▶ Exercise material
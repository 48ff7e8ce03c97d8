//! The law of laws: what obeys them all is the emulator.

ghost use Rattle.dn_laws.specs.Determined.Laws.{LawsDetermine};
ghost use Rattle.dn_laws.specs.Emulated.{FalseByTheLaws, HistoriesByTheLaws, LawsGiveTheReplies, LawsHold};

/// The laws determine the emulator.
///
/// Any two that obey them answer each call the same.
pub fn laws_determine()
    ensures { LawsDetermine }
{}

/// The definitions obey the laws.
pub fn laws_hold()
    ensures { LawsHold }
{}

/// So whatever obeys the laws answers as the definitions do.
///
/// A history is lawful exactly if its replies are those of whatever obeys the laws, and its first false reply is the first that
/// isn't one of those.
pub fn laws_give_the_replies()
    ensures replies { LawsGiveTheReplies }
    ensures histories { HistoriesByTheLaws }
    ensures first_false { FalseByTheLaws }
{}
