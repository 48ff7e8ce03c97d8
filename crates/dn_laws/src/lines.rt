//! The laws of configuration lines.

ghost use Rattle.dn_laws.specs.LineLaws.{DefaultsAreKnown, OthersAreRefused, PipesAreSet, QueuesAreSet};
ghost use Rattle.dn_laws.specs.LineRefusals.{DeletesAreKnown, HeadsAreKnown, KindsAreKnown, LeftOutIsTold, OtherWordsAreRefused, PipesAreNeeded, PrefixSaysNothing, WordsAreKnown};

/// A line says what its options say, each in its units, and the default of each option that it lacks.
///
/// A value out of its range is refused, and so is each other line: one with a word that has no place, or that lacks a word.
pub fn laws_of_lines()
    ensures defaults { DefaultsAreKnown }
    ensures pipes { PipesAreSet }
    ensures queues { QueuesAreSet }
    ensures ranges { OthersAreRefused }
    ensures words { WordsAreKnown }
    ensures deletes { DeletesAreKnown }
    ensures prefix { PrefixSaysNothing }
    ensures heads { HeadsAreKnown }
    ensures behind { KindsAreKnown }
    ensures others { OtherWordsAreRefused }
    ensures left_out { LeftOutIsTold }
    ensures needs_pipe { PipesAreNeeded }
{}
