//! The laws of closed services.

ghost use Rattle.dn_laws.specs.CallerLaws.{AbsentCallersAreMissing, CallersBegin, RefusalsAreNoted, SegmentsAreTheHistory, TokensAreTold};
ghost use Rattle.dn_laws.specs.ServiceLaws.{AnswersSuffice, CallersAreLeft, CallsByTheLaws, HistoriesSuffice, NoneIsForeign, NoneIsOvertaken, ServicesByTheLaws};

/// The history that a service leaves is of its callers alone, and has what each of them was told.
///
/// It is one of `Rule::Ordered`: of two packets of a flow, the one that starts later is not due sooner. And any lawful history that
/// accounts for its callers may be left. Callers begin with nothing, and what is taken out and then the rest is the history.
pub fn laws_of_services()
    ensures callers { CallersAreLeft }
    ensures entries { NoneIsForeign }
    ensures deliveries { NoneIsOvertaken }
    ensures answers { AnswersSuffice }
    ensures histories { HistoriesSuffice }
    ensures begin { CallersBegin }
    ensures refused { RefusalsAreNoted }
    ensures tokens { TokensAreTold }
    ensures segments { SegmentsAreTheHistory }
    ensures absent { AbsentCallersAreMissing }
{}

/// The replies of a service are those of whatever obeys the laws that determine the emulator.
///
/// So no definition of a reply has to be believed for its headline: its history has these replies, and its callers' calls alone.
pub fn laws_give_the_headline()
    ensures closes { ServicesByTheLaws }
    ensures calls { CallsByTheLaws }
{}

...

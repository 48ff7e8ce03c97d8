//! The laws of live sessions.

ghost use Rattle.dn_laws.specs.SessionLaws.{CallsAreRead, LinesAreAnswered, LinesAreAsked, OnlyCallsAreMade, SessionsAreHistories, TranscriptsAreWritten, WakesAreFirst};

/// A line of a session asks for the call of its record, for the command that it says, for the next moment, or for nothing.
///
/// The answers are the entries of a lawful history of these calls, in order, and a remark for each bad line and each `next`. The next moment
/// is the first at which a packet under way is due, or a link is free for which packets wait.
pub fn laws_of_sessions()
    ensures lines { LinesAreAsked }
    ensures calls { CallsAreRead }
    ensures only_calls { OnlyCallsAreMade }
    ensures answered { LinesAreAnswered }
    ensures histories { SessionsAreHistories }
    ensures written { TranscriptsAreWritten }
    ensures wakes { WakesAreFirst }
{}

==

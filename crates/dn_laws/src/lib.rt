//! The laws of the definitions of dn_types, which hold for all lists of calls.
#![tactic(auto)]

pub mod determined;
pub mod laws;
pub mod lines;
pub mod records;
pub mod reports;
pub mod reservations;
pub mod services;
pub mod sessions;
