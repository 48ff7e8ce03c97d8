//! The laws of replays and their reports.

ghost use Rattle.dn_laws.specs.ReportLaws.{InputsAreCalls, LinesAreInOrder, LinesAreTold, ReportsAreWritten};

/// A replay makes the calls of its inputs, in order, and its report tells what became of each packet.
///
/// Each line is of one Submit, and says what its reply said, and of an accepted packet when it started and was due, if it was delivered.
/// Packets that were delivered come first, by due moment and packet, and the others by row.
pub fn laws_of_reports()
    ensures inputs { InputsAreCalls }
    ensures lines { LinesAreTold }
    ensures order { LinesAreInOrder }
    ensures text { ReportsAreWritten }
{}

▶ Exercise instructions
Copy out every line in the listing where the word "AbsentCallersAreMissing" appears.

▶ Output for this exercise
ghost use Rattle.dn_laws.specs.CallerLaws.{AbsentCallersAreMissing, CallersBegin, RefusalsAreNoted, SegmentsAreTheHistory, TokensAreTold};
    ensures absent { AbsentCallersAreMissing }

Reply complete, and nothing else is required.